Figure 1 Measurement Results
formula
Announce
edit
Variance is the difference between actual value andexpected valueDifferencesquareOfaverage value, andstandard deviationIs variance arithmeticsquare root。[5]In actual calculation, we use the following formula to calculate the variance.
Variance is the difference between each data andaverageThe average of the sum of the squares of the difference, that is
, where x representssampleThe average number of, n is the number of samples, xiRepresents an individual, while stwoIs the variance.
And used
As the estimation of the variance of sample X, it is found that its mathematical expectation is not the variance of X, but the variance of X
Times,
The mathematical expectation of is the variance of X, which is used as the estimate of the variance of X“Unbiasedness”, so we always use
Variance is the degree of deviation from the center, which is used to measure the fluctuation of a batch of data (that is, the deviation of the batch of data from the average). It is called the variance of this group of data and recorded as Stwo。staysample sizeIn the same case, the larger the variance, the greater the volatility of the data, and the more unstable it is.
The formula can be further deduced as:
。Where x is the data in this group of data, and n is an integer greater than 0.
variance
statistical significance
Announce
edit
When the data distribution is relatively scattered (that is, the data fluctuates greatly near the average), the square sum of the differences between each data and the average is larger, and the variance is larger;When the data distribution is relatively centralized, the sum of squares of the difference between each data and the average is small.Therefore, the greater the variance, the greater the volatility of the data;The smaller the variance, the smaller the fluctuation of the data.[6]
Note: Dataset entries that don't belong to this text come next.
//! Starts a dealer.

ghost use Rattle.std.specs.Prelude.{◌≡◌, [], IfOk};
ghost use Rattle.fq_run.specs.dealer.Dealt.{CanDeal};

use crate::dealer::dealt::Dealt;
use crate::dealer::ends::DealerEnds;
use crate::dealer::{Dealer, deal};
use fq_lane::Rx;
use fq_pair::PairReader;
use fq_run_core::Settings;
use fq_text::{MemoryRefused, OutOfMemory};
use std::alloc::Global;
use std::snapshot::Snapshot;
use std::sync::Wait;
use std::thread;
use std::thread::{Promise, PromisedHandle, Threads};

/// What a dealer is started with: the settings, the start lane, the lanes of blocks and the pairs.
/// `kept_by` says, in terms of these, what joining the dealer returns.
#[derive(Drop)]
pub(crate) struct Dealing<S> {
    pub(crate) settings: Settings,
    pub(crate) start: Snapshot<Rx<()>>,
    pub(crate) to: Snapshot<Vec<DealerEnds>>,
    pub(crate) source: Snapshot<S>,
}

impl<S: PairReader> Promise<Dealt<S>> for Dealing<S> {
    ghost use Rattle.fq_run.specs.dealer.Dealt.{HasDealt};

    ghost kept_by = { λ dealing dealt. HasDealt dealing.settings
        (S.state dealing.source.value) (S.state dealt.source)
        dealing.start.value dealt.start dealing.to.value.items dealt.closings.items dealt.why };
}

/// Starts the dealer. If its thread was refused, returns the witness of that; the source is then
/// lost.
pub(crate) fn start_dealer<
    R: Threads + Wait + Copy + Send + 'static,
    S: PairReader + Drop + Send + 'static,
>(
    alloc: Global,
    rt: &R,
    settings: &Settings,
    dealer: Dealer<S>,
) -> Result<PromisedHandle<Dealt<S>, Dealing<S>>, MemoryRefused>
    requires start { dealer.start.items ≡ [] }
    requires deals { CanDeal settings.now (S.state dealer.source) dealer }
    ensures settings { IfOk result (λ h. h.promise.settings ≡ settings.now) }
    ensures start { IfOk result (λ h. h.promise.start.value ≡ dealer.start) }
    ensures to { IfOk result (λ h. h.promise.to.value ≡ dealer.to) }
    ensures source { IfOk result (λ h. h.promise.source.value ≡ dealer.source) }
{
    let dealing = Dealing {
        settings: *settings,
        start: Snapshot::of(&dealer.start),
        to: Snapshot::of(&dealer.to),
        source: Snapshot::of(&dealer.source),
    };
    let own = *rt;
    let settings = *settings;
    match thread::spawn_with(rt, dealing, move || deal(alloc, &own, &settings, dealer)) {
        Ok(hand) => Ok(hand),
        Err(e) => Err(MemoryRefused::from(OutOfMemory::from(e))),
    }
}
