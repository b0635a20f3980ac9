// Places of flat matrices: whether there is room for them, the sums of products and the steps on rows that the matrix crates are made of.
// Rows that are written stay a slice with their sizes beside it: a struct would have each clause say, beside what the rows become, that the sizes stay.
// Rows that are only read are slices and numbers in the clauses of the public functions, and the private ones hand them on.
// Loops go by number, as the loops of the definitions do: the two are read side by side, and a turn of one is a turn of the other.
#![tactic(auto)]

ghost use Rattle.std.specs.Prelude.{◌≡◌, length};
ghost use Rattle.matrix_places.specs.Places.{refuses, lacks, dot_in, short, less_row_in, over_row_in};

// The most contrasts: one less than the most conditions.
pub const MOST_CONTRASTS: usize = base::MOST_CONDITIONS - 1;

// The places of a square matrix of so many rows.
pub const SQUARE: usize = MOST_CONTRASTS * MOST_CONTRASTS;

// A pivot below it is too small to divide by.
pub const TINY: f64 = 1e-14;

// A norm that is not above it is too small to divide by, and a determinant's pivot that is below it is none.
pub const TINIER: f64 = 1e-15;

// Are p rows of k places too few, or too many, or too many for memory of this length? More of either than there may be conditions are always too many.
#[tactic(auto, using(std::proofs::lemmas::Bool::Decides::nat_tests), unfolding(crate::specs::Places::refuses))]
pub fn refuses(most: usize, p: usize, k: usize, len: usize) -> bool
    ensures { result ≡ refuses most p k len }
{
    p == 0
        || most < p
        || base::MOST_CONDITIONS < p
        || k == 0
        || base::MOST_CONDITIONS < k
        || len < p * k
}

// Does x lack one of n places, from p on and s apart? More places than there may be conditions, and places further apart, count as lacking.
#[tactic(auto, using(std::proofs::lemmas::Bool::Decides::nat_tests, base::proofs::Bounds::product_le), unfolding(crate::specs::Places::lacks))]
fn lacks(x: &[f64], p: usize, s: usize, n: usize) -> bool
    ensures { result ≡ lacks p s n (length x.now) }
{
    base::MOST_CONDITIONS < n
        || base::MOST_CONDITIONS < s
        || x.len() < p
        || x.len() + s <= p + n * s
}

// The sum from z of n products: places of x, from p on and s apart, times places of y, from q on and t apart.
// Where one of the places is lacking: z.
#[tactic(auto, using(base::proofs::Loops::step, base::proofs::Loops::ends, crate::proofs::Room::first_lacking, crate::proofs::Room::second_lacking, crate::proofs::Room::none_lacking, crate::proofs::Room::not_lacked), unfolding(crate::specs::Places::dot))]
pub fn dot(x: &[f64], p: usize, s: usize, y: &[f64], q: usize, t: usize, n: usize, z: f64) -> f64
    ensures { result ≡ dot_in z x.now p s y.now q t n }
{
    if lacks(x, p, s, n) || lacks(y, q, t, n) {
        return float::canon(z);
    }
    let mut sum = z;
    for m in 0..n {
        sum += x[p + m * s] * y[q + m * t];
    }
    float::canon(sum)
}

// Is m too short for the row of w places that begins at p?
#[tactic(auto, using(std::proofs::lemmas::Bool::Decides::nat_tests), unfolding(crate::specs::Places::short))]
fn short(m: &[f64], p: usize, w: usize) -> bool
    ensures { result ≡ short p w (length m.now) }
{
    m.len() < w || m.len() - w < p
}

// From the row that begins at q, in the columns from i on, f times the row that begins at p is taken away. Both have w places.
// Where one of them does not end within m, nothing is changed.
#[tactic(auto, using(base::proofs::Loops::ends, crate::proofs::Rows::ends_within, crate::proofs::Rows::less_first, crate::proofs::Rows::less_second, crate::proofs::Rows::less_done), unfolding(crate::specs::Places::less_row))]
pub fn less_row(m: &mut [f64], p: usize, q: usize, f: f64, i: usize, w: usize)
    ensures { m.new ≡ less_row_in p q f i w m.old }
{
    if short(m, p, w) || short(m, q, w) {
        return;
    }
    for j in i..w {
        m[q + j] = float::canon(m[q + j] - f * m[p + j]);
    }
}

// The row of w places that begins at p is divided by d.
// Where it does not end within m, nothing is changed.
#[tactic(auto, using(base::proofs::Loops::ends, crate::proofs::Rows::ends_within, crate::proofs::Rows::over_refused, crate::proofs::Rows::over_done), unfolding(crate::specs::Places::over_row))]
pub fn over_row(m: &mut [f64], p: usize, d: f64, w: usize)
    ensures { m.new ≡ over_row_in p d w m.old }
{
    if short(m, p, w) {
        return;
    }
    for j in 0..w {
        m[p + j] = float::canon(m[p + j] / d);
    }
}
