//! What is known of the types of a grammar, and what is wrong with them.
//!
//! [`infer`] looks at a grammar that was loaded, and answers its [`Types`], or all faults of the first of the two phases in which faults
//! are looked for: those of names and types. `docs/faults.md` lists them.
//!
//! Its model: a [`Types`] is what crates below found out, of rules ([`RuleFacts`]: the numbers of names, which rules make nodes,
//! what may come before each leaf) and of types ([`TypeFacts`]: which are below which, by which rules cross-references
//! are read that name none).
//!
//! It promises that there are types exactly where the grammar has no fault of this phase, that the faults are else
//! all that there are, each once, in their order, and that what is answered of types is what the definitions say. The
//! faults of names and types are 4 to 6 and 14 to 19 ([`infer`]). Types are asked by their numbers for the name
//! ([`Types::type_name`]) and whether one is the other or below it ([`Types::is_sub`]). The set of those that are is
//! given by [`Types::subs`]. Each part takes expected time linear in the grammar, but for what the crates below say
//! of circles, of chains of types, and of fragments that call each other.
//!
//! In folders of their own stand:
//!
//! - [`naming`]: what is wrong with the names of a grammar.
//! - [`property_table`]: the properties that the types of a grammar have, and what each of them may hold.
#![tactic(auto)]

mod fault;
mod inferring;
pub mod naming;
pub mod property_table;
mod sets;
mod types;

pub use fault::TypeFaults;
pub use inferring::infer;
pub use types::{RuleFacts, TypeFacts, Types};
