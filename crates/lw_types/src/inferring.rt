// From a grammar to its types.
ghost use Rattle.std.specs.Prelude.{◌≤◌, IfErr, IfOk, OnOk};
ghost use Rattle.lw_grammar.specs.Size.{size};
ghost use Rattle.lw_faults.specs.Faults.{AreTypeFaults};
ghost use Rattle.lw_types.specs.Inferred.{AreTypesOf, CausesNoTypes, HasNoTypeFault};

use crate::naming::find_name_faults;
use crate::{TypeFaults, Types};
use lw_base::{Items, NoMemory};
use lw_faults::findings::Findings;
use lw_grammar::{Grammar, GrammarFault};
use lw_properties::find_property_faults;
use std::alloc::Global;

/// The types of a grammar, or all that is wrong with its names and types.
pub fn infer(alloc: Global, g: &Grammar) -> Result<Types, TypeFaults>
    requires { size g.now ≤ 65535 }
    ensures types { IfOk result (AreTypesOf g.now) }
    ensures none { OnOk result (HasNoTypeFault g.now) }
    ensures faults { IfErr result (CausesNoTypes g.now) }
{
    let types = Types::of(alloc, g)?;
    let found = find_type_faults(alloc, g, &types)?;
    if !found.is_empty() {
        return Err(TypeFaults::Faults(found));
    }
    Ok(types)
}

/// All faults of this phase, in their order.
fn find_type_faults(
    alloc: Global,
    g: &Grammar,
    types: &Types,
) -> Result<Items<GrammarFault>, NoMemory>
    requires types { AreTypesOf g.now types.now }
    requires small { size g.now ≤ 65535 }
    ensures { IfOk result (AreTypeFaults g.now) }
{
    let mut found = Findings::new(alloc);
    find_name_faults(alloc, g, types.numbers(), types.name_rules(), &mut found)?;
    find_property_faults(
        alloc,
        g,
        types.numbers(),
        types.nodes(),
        types.subtypes(),
        types.ways(),
        &mut found,
    )?;
    found.into_list(alloc)
}
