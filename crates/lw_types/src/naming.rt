//! What is wrong with the names of a grammar.
//!
//! [`find_name_faults`] goes over a grammar and finds the faults that are about its names: what is
//! declared or inferred a second time, calls of rules and names of types that are not there,
//! cross-references that nothing reads, and types that extend themselves, extend what is no interface,
//! or have themselves as members.
//!
//! Its model: the names that a grammar writes are one list, each with what it does where it stands, and
//! the types that extend each other or are members of each other are edges between their places. Such a
//! list is the code's own. Lemmas say that a name stands in it exactly where the definitions of faults
//! speak of it, and that a type lies on a circle of edges exactly where it leads to itself.
//!
//! It promises that exactly those faults are found which the definitions name, besides what was found
//! before. [`find_name_faults`] finds the faults 4, 5, 6, 18 and 19. The names are gathered in one
//! pass, and what a name means is looked up in constant time, as expected, so the time is linear in the
//! grammar, but for types on circles: each interface or union that lies on one or leads to one costs a
//! search of its own.
mod attributes;
mod circles;
mod declarations;
mod faults;
mod mentions;
mod names;

pub use faults::find_name_faults;
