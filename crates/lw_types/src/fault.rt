// Why a grammar has no types.
use lw_base::{Items, NoMemory};
use lw_grammar::GrammarFault;

/// Why a grammar has no types.
#[derive(Drop)]
pub enum TypeFaults {
    /// Something is wrong with its names or types: all faults of this phase, at least one, in the order of faults.
    Faults(Items<GrammarFault>),
    /// There was no memory.
    NoMemory,
}

impl From<NoMemory> for TypeFaults {
    ghost use Rattle.std.specs.Prelude.{◌≡◌};
    ghost use Rattle.lw_types.specs.declared.fault.TypeFaults.TheVariants.{NoMemory as no_memory};

    ghost from_gives = { λ _ fault. fault ≡ no_memory };

    fn from(_: NoMemory) -> Self {
        TypeFaults::NoMemory
    }
}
The data in the sample is compared withAverage number of samplesThe average of the sum of squares of the difference between is called the sample variance;Sample variancearithmetic square root It's called samplestandard deviation。Both sample variance and sample standard deviation measure the fluctuation of a sample. The larger the sample variance or sample standard deviation, the greater the fluctuation of sample data.
Variance and standard deviation are the most important and commonly used indicators for measuring discrete trends.Variance is the difference between the value of each variable andmean valueDeviationThe average of squares, which is a measureNumerical dataDegree of dispersionThe most important method.standard deviationIs the arithmetic square root of variance, represented by S.The corresponding calculation formula of variance is:
The difference between standard deviation and variance is that the calculation unit of standard deviation and variable is the same, which is clearer than the variance. Therefore, we often use standard deviation in our analysis.
Recent developments
Announce
edit
Variance not only expresses the degree of deviation from the mean of the sample, but also reveals the degree of mutual fluctuation within the sample. It can also be understood that variance represents the expectation of mutual fluctuation of the sample.Of course, this conclusion holds under the second-order statistical moment.[7]